O Pentágono prova que nenhuma das invasões teóricas ou intromissões acabou em condições de segurança. Todas as potências imperialistas invadem países por seus próprios interesses estratégicos, políticos e financeiros, mas através de mentiras e da poderosa mídia corporativa tentam esconder seu verdadeiro motivo e agenda.
É uma piada dizer que valores como “direitos da mulher”, “democracia”, “construção da nação” etc. faziam parte dos objetivos dos EUA/NATO no Afeganistão! Os EUA estavam no Afeganistão para transformar a região em instabilidade e terrorismo para cercar as potências rivais, especialmente a China e a Rússia, e minar suas economias através de guerras regionais. Mas é claro que o governo dos EUA não queria uma saída tão desastrosa, vergonhosa e embaraçosa que deixasse para trás uma comoção tal que fossem forçados a enviar tropas novamente em 48 horas para controlar o aeroporto e evacuar com segurança seus diplomatas e funcionários.
Acreditamos que os EUA deixaram o Afeganistão fora de suas próprias fraquezas não derrotados por suas criaturas (Talibã). Há duas razões significativas para esta retirada.
A principal razão é a crise interna multifacetada nos EUA. Os sinais do declínio do sistema americano foram vistos na fraca resposta à pandemia de Covid-19, no ataque ao Capitólio e nos grandes protestos do público dos EUA nos últimos anos.
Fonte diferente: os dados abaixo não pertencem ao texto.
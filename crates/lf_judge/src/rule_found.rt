//! What workers find of rules whose labels are asked about, each of a rule.
ghost use Rattle.std.specs.Prelude.{◌≡◌, ◌≤◌, ◌<◌, length, map, IfOk};
ghost use Rattle.lf_built.specs.views.RuleRows.{AreRowsOf};
ghost use Rattle.lf_worlds.specs.views.Readings.{AreReadingsBy};
ghost use Rattle.lf_judge.specs.views.AtHand.{AreTrialsAt, IsReady, rules_of_hand};
ghost use Rattle.lf_judge.specs.views.RulesFound.{AreFoundAt, AreKnownAt, IsKnownAt};

use crate::at_hand::{AtHand, TELLING};
use crate::moving::taken_out;
use crate::rule_read::{RulesRead, apart, read_rules};
use lf_base::{Gate, Memory, Seq};
use lf_board::map_pieces;
use lf_built::RuleRow;
use lf_checks::RecordedNames;
use lf_forks::Forks;
use lf_report::ReportedFinding;
use lf_worlds::{RuleKnowledge, Trials};
use std::alloc::Global;
use std::thread::Threads;

/// What is found of a rule.
#[derive(Drop)]
pub struct RuleFound {
    /// What is known of its labels.
    pub known: RuleKnowledge,
    /// What the checks find.
    pub findings: Seq<ReportedFinding>,
}

/// What is found of each rule, in their order.
pub fn find_rules<R: Threads + Sync, G: Gate + Sync>(
    rt: &R,
    alloc: Global,
    hand: &AtHand,
    workers: u32,
    gate: &G,
) -> Result<Seq<RuleFound>, Memory>
    requires ready { IsReady hand.now }
    requires workers { (0 < workers) × (workers ≤ 64) }
    ensures { IfOk result (AreFoundAt hand.now) }
{
    let recorded = hand.checker.recorded();
    let forks = Forks::of(alloc, hand.rules, recorded.sources())?;
    let read = read_rules(rt, alloc, hand, recorded, &forks, workers)?;
    let RulesRead { rows, findings } = apart(alloc, read)?;
    let known = know_read(rt, alloc, hand, recorded, &forks, rows, workers, gate)?;
    let found = together(alloc, known, findings)?;
    Ok(found)
}

/// What is known of each rule, with what the rules read, and with the rows of each.
fn know_read<R: Threads + Sync, G: Gate + Sync>(
    rt: &R,
    alloc: Global,
    hand: &AtHand,
    recorded: &RecordedNames,
    forks: &Forks,
    rows: Seq<RuleRow>,
    workers: u32,
    gate: &G,
) -> Result<Seq<RuleKnowledge>, Memory>
    requires ready { IsReady hand.now }
    requires readings { AreReadingsBy (rules_of_hand hand.now) recorded.now.sources recorded.now.graph forks.now }
    requires rows { AreRowsOf hand.now.universe.now hand.now.env.now forks.now (rules_of_hand hand.now) rows }
    requires workers { (0 < workers) × (workers ≤ 64) }
    ensures { IfOk result (AreKnownAt hand.now) }
{
    let trials = Trials::by(
        alloc,
        hand.universe,
        hand.env,
        hand.rules,
        recorded.sources(),
        recorded.graph(),
        forks,
        rows,
    )?;
    let known = know_each(rt, alloc, hand, &trials, workers, gate)?;
    Ok(known)
}

/// The same, by trials of the rules. The worlds that they show are kept in what is known.
fn know_each<R: Threads + Sync, G: Gate + Sync>(
    rt: &R,
    alloc: Global,
    hand: &AtHand,
    trials: &Trials,
    workers: u32,
    gate: &G,
) -> Result<Seq<RuleKnowledge>, Memory>
    requires ready { IsReady hand.now }
    requires trials { AreTrialsAt hand.now trials.now }
    requires workers { (0 < workers) × (workers ≤ 64) }
    ensures { IfOk result (AreKnownAt hand.now) }
{
    let know_one = |number: u32| -> Result<RuleKnowledge, Memory>
        requires ready { IsReady hand.now }
        requires trials { AreTrialsAt hand.now trials.now }
        requires rule { number < length hand.now.rules.now }
        ensures { IfOk result (IsKnownAt hand.entry.now number) }
    { know_rule(alloc, hand, trials, number) };
    map_pieces(
        rt,
        alloc,
        hand.rules.len() as u32,
        workers,
        gate,
        TELLING,
        &know_one,
    )
}

/// What is known of the rule with this number.
fn know_rule(
    alloc: Global,
    hand: &AtHand,
    trials: &Trials,
    number: u32,
) -> Result<RuleKnowledge, Memory>
    requires trials { AreTrialsAt hand.now trials.now }
    requires rule { number < length hand.now.rules.now }
    ensures { IfOk result (IsKnownAt hand.now number) }
{
    let known = trials.rule(alloc, number)?;
    Ok(known)
}

/// What is known of rules and what the checks find of them, rule by rule.
fn together(
    alloc: Global,
    known: Seq<RuleKnowledge>,
    findings: Seq<Seq<ReportedFinding>>,
) -> Result<Seq<RuleFound>, Memory>
    requires count { length findings ≡ length known }
    ensures known { IfOk result (λ found. map (λ (rule : RuleFound). rule.known) found ≡ known) }
    ensures findings { IfOk result (λ found. map (λ (rule : RuleFound). rule.findings) found ≡ findings) }
{
    let mut taken = taken_out(alloc, known)?;
    let mut waiting = taken_out(alloc, findings)?;
    let mut found = Seq::with_capacity(alloc, taken.len())?;
    while let Some(next) = taken.pop() {
        let rule = RuleFound {
            known: next,
            findings: waiting.pop().unwrap(),
        };
        found.push(rule)?;
    }
    Ok(found)
}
Os formuladores de políticas foram forçados a retirar as tropas para se concentrarem nas questões internas em chamas.
A segunda razão é que a guerra afegã foi uma guerra excepcionalmente cara, cujo custo se elevou a trilhões, tudo isso retirado do dinheiro dos contribuintes. Isto fez com que os Estados Unidos sofressem um prejuízo financeiro tão grande que tiveram que deixar o Afeganistão.
As políticas de guerra provam que seu objetivo nunca foi tornar o Afeganistão mais seguro, muito menos agora, quando eles estão saindo. Além disso, eles também sabiam que a retirada seria caótica, mas mesmo assim continuaram em frente e o fizeram. Agora o Afeganistão está novamente no centro das atenções devido ao fato de o Talibã estar no poder, mas esta tem sido a situação nos últimos 20 anos e todos os dias centenas de nosso povo foram mortos e nosso país destruído, o que raramente foi noticiado na mídia.
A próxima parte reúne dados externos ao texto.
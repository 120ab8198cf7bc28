//! How much the patterns of all files of a run may count, so that reading them takes seconds and no minutes.
ghost use Rattle.std.specs.Prelude.{◌≤◌, ◌<◌, OnErr, OnOk};
ghost use Rattle.std.specs.List.{sum_by};
ghost use Rattle.lf_judge.specs.Allowance.{most_in_all};
ghost use Rattle.lf_judge.specs.views.Accepting.{taken_in};

use crate::accepting::Counted;
use lf_base::Memory;
use std::sync::atomic::{AtomicU64, Ordering};

/// What the patterns of all files may count together.
const MOST: u64 = 4_250_000;

/// `Memory` where more was taken for these files than for those of a run may be.
#[tactic(auto, using(crate::proofs::Found::taken_more, crate::proofs::Found::over_so))]
pub fn allow(files: &[Counted]) -> Result<(), Memory>
    ensures allowed { OnOk result (sum_by taken_in files.now ≤ most_in_all) }
    ensures refused { OnErr result (most_in_all < sum_by taken_in files.now) }
{
    let mut left = MOST;
    for file in files {
        match left.checked_sub(file.taken) {
            Some(less) => left = less,
            None => return Err(Memory),
        }
    }
    Ok(())
}

/// What workers have taken so far for the files of a run.
///
/// It ends their work early, and decides nothing: where more was taken already than may be, so it is of all files, and `allow`
/// refuses them whoever accepted which. So the run ends in the same way for every number of workers and every order of their work.
#[derive(Drop)]
pub struct TakenSoFar {
    sum: AtomicU64,
}

impl TakenSoFar {
    /// Nothing yet.
    pub fn nothing() -> TakenSoFar {
        TakenSoFar {
            sum: AtomicU64::new(0),
        }
    }

    /// Counts what was taken for a file.
    pub fn add(&self, taken: u64) {
        self.sum.fetch_add(taken, Ordering::SeqCst);
    }

    /// Whether it is more than may be taken for the files of a run.
    pub fn is_over(&self) -> bool {
        self.sum.load(Ordering::SeqCst) > MOST
    }
}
Sonali Kolhatkar: A liderança do Talibã está dizendo que respeitará os direitos das mulheres desde que cumpram a lei islâmica. Alguns meios de comunicação ocidentais estão pintando isto de uma forma positiva. O Talibã não disse a mesma coisa 20 anos atrás? Você acha que há alguma mudança na atitude deles em relação aos direitos humanos e aos direitos das mulheres?
RAWA: A mídia corporativa está apenas tentando colocar sal nas feridas de nosso povo devastado; eles deveriam se envergonhar da maneira como tentam revestir de açúcar o brutal Talibã. O porta-voz do Talibã declarou que não há diferença entre sua ideologia de 1996 e a de hoje. E o que eles dizem sobre os direitos das mulheres são as frases exatas usadas durante seu governo sombrio anterior: implementar a lei da Sharia.
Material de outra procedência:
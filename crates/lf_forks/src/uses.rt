//! Where names are selected.
ghost use Rattle.std.specs.Prelude.{◌≡◌, ◌+◌, true, length, not, Some, IfOk, OnOk};
ghost use Rattle.std.specs.List.{flat_map};
ghost use Rattle.lf_ast.specs.Rules.{rule_trees};
ghost use Rattle.lf_deps.specs.views.Links.{source_of};
ghost use Rattle.lf_deps.specs.views.Sources.{IsSourcesOf};
ghost use Rattle.lf_semantics.specs.Listing.{place};
ghost use Rattle.lf_forks.specs.views.Uses.{AreUses, Puts};

use lf_ast::Rule;
use lf_base::{Memory, Seq, Text};
use lf_classes::TextSet;
use lf_deps::Sources;
use lf_graph::Buckets;
use std::alloc::Global;

/// For each recorded name, by its place, and behind these for selectors that say no name, the names whose rules select it. One pass over the rules.
pub(crate) fn uses_of(
    alloc: Global,
    rules: &Seq<Rule>,
    sources: &Sources,
    names: &TextSet,
) -> Result<Seq<Seq<usize>>, Memory>
    requires sources { IsSourcesOf (rule_trees rules.now) sources.now }
    ensures { IfOk result (AreUses (rule_trees rules.now) names.now) }
{
    let mut uses = Buckets::empty(alloc, names.len() + 1)?;
    for k in 0..rules.len() {
        put_rule(names, rules.get(k), sources.selected_by(k), &mut uses)?;
    }
    Ok(uses.into_lists())
}

/// Puts the name of a rule into the lists of what it selects. An alert records none.
fn put_rule(
    names: &TextSet,
    rule: &Rule,
    selected: &[Option<Text>],
    uses: &mut Buckets,
) -> Result<(), Memory>
    requires { length uses.old ≡ length names.now + 1 }
    ensures { OnOk result (Puts (not rule.now.alert) (flat_map (source_of names.now) selected.now) (place names.now rule.now.name) uses.old uses.new) }
{
    if rule.alert {
        return Ok(());
    }
    put_all(names, selected, names.place(rule.name.as_str()), uses)
}

/// Puts a name, by its place, into the lists of what selectors select.
fn put_all(
    names: &TextSet,
    selected: &[Option<Text>],
    place: usize,
    uses: &mut Buckets,
) -> Result<(), Memory>
    requires { length uses.old ≡ length names.now + 1 }
    ensures { OnOk result (Puts true (flat_map (source_of names.now) selected.now) place uses.old uses.new) }
{
    for selector in selected {
        put(names, selector, place, uses)?;
    }
    Ok(())
}

/// Puts a name, by its place, into the list of what a selector selects, if there is one.
fn put(
    names: &TextSet,
    selector: &Option<Text>,
    place: usize,
    uses: &mut Buckets,
) -> Result<(), Memory>
    requires { length uses.old ≡ length names.now + 1 }
    ensures { OnOk result (Puts true (source_of names.now selector.now) place uses.old uses.new) }
{
    match selector {
        Some(name) => put_named(names, name, place, uses),
        None => uses.push(names.len(), place),
    }
}

/// Puts a name, by its place, into the list of another, if that is recorded.
fn put_named(names: &TextSet, name: &Text, place: usize, uses: &mut Buckets) -> Result<(), Memory>
    requires { length uses.old ≡ length names.now + 1 }
    ensures { OnOk result (Puts true (source_of names.now (Some name.now)) place uses.old uses.new) }
{
    let node = names.place(name.as_str());
    if node < names.len() {
        uses.push(node, place)
    } else {
        Ok(())
    }
}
Atualmente, o Talibã declarou uma anistia em todas as partes do Afeganistão e seu slogan é “o que a alegria da anistia pode trazer, a vingança não pode”. Mas na realidade, eles estão matando pessoas todos os dias. Ainda ontem um menino foi morto a tiros em Nangarhar apenas por carregar a bandeira nacional afegã tricolor em vez da bandeira branca do Talibã. Eles executaram quatro ex-oficiais do exército em Kandahar, prenderam o jovem poeta afegão Mehran Popal na província de Herat por escrever posts anti-Talibã no Facebook e seu paradeiro é desconhecido para sua família. Estes são apenas alguns exemplos de suas ações violentas, apesar das palavras “boas” e polidas de seus porta-vozes.
Mas acreditamos que suas reivindicações podem ser um dos dramas que o Talibã está encenando e eles estão apenas tentando ganhar mais tempo até que possam se organizar. As coisas aconteceram tão rápido e eles estão tentando construir sua estrutura governamental, criar sua inteligência e fazer o Ministério para a Propagação da Virtude e Prevenção do Vício, que é responsável por controlar os pequenos detalhes da vida cotidiana das pessoas como o comprimento da barba, o código de vestimenta e ter um Mahram (companheiro masculino, apenas pai, irmão ou marido) para uma mulher. O Talibã afirma não ser contra os direitos da mulher, mas então deveria estar dentro da estrutura das leis Islâmicas/Sharia.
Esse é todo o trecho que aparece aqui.